DIRECTIONS. Each line of the records below that holds "IfOk" should be returned.

RECORD EXCERPTS.
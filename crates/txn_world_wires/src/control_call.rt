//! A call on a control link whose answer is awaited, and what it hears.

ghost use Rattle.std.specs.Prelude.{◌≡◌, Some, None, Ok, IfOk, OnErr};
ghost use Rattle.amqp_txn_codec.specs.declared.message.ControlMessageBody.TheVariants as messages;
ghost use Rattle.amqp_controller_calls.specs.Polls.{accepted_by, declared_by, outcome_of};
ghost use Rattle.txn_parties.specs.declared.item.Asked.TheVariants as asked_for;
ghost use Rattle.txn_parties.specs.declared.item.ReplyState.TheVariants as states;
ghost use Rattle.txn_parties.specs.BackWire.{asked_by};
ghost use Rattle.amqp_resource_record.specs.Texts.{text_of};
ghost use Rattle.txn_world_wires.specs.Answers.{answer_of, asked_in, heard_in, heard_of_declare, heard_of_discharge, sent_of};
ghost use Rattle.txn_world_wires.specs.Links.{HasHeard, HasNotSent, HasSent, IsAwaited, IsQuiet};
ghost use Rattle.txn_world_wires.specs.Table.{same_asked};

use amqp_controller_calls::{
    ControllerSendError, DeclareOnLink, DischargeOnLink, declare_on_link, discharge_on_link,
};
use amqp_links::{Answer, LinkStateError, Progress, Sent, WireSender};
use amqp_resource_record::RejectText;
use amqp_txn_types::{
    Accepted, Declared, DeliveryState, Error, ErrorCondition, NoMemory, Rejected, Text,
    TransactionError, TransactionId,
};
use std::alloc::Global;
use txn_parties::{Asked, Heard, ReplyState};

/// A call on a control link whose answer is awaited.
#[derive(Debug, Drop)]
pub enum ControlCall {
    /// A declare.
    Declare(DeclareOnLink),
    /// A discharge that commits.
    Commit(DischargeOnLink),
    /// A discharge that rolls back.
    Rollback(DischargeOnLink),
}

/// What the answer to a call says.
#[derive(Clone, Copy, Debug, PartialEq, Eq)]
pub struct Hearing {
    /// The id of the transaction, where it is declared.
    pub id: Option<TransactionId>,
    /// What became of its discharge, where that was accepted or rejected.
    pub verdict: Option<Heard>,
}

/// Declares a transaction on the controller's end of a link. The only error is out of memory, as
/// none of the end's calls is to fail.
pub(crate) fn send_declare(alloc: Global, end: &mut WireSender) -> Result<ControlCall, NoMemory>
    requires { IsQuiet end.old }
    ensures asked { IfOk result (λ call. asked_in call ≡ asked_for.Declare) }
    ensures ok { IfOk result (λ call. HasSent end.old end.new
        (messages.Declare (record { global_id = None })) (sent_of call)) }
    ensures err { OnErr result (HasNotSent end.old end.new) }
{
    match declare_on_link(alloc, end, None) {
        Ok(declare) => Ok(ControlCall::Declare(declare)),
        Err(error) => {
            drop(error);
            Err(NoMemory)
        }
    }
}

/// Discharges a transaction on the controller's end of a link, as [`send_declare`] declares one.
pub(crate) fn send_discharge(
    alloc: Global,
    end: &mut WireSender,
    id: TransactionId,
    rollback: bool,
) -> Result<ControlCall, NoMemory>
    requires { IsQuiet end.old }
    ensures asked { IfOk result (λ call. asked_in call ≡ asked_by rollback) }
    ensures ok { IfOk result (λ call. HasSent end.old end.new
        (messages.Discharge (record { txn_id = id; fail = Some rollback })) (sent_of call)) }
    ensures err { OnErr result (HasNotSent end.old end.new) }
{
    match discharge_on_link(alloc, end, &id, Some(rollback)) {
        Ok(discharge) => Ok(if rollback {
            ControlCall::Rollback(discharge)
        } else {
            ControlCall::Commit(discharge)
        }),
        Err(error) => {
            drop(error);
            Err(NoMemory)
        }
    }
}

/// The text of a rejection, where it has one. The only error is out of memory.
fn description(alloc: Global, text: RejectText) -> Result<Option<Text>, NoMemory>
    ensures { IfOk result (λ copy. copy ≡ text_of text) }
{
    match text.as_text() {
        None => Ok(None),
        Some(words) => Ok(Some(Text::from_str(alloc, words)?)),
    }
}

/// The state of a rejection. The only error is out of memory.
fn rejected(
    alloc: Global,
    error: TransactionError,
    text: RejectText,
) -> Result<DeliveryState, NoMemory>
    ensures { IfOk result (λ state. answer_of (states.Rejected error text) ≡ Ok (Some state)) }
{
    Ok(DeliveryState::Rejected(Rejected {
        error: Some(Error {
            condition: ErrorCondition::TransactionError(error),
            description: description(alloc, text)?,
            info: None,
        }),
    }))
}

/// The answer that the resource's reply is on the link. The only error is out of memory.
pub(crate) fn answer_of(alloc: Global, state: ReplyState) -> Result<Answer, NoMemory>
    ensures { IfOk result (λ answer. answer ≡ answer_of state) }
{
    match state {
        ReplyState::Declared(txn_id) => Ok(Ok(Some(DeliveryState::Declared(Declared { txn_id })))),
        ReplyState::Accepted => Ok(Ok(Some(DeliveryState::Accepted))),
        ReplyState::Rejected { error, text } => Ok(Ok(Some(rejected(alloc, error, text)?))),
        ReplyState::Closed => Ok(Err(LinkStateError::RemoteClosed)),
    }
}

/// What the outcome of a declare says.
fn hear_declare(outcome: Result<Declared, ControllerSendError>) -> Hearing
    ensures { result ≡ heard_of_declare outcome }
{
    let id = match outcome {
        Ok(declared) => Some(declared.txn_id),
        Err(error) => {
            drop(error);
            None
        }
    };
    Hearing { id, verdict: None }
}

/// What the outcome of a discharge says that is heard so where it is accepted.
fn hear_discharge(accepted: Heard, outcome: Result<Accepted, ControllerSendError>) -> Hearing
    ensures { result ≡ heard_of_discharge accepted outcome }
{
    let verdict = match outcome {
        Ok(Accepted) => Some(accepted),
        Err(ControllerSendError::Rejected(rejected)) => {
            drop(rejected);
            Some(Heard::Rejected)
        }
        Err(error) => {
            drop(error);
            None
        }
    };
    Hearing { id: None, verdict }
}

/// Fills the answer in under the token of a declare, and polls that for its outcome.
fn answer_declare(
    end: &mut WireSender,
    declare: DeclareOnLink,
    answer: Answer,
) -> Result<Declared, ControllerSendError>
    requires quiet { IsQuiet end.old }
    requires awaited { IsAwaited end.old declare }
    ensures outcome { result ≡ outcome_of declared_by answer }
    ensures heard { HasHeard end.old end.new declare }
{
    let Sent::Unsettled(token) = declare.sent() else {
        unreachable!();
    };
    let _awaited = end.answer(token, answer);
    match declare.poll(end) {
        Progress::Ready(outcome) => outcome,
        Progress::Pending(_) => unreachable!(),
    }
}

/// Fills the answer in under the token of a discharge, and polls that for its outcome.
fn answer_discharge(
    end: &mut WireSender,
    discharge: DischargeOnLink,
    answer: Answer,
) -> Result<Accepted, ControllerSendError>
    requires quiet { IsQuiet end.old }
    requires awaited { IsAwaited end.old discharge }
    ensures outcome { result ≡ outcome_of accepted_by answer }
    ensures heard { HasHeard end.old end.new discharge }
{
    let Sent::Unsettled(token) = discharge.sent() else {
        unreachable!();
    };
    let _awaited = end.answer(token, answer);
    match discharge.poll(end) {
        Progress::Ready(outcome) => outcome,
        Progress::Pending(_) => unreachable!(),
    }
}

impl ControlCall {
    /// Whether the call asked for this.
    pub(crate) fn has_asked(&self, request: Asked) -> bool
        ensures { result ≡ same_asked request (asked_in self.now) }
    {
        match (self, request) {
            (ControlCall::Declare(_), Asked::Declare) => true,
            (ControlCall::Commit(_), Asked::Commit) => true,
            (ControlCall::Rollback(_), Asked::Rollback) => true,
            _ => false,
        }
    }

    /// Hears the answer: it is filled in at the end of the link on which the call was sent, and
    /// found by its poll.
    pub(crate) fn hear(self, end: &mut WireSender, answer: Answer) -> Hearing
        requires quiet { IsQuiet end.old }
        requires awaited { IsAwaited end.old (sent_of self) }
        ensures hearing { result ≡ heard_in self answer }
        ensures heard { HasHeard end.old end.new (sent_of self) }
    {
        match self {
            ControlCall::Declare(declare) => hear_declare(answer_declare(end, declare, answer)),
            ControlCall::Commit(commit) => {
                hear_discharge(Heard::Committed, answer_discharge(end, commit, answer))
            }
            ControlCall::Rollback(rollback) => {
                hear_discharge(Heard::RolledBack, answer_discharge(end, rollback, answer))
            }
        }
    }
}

TASK RESPONSE.
ghost use Rattle.std.specs.Prelude.{◌≡◌, Some, None, Ok, IfOk, OnErr};
    ensures asked { IfOk result (λ call. asked_in call ≡ asked_for.Declare) }
    ensures ok { IfOk result (λ call. HasSent end.old end.new
    ensures asked { IfOk result (λ call. asked_in call ≡ asked_by rollback) }
    ensures ok { IfOk result (λ call. HasSent end.old end.new
    ensures { IfOk result (λ copy. copy ≡ text_of text) }
    ensures { IfOk result (λ state. answer_of (states.Rejected error text) ≡ Ok (Some state)) }
    ensures { IfOk result (λ answer. answer ≡ answer_of state) }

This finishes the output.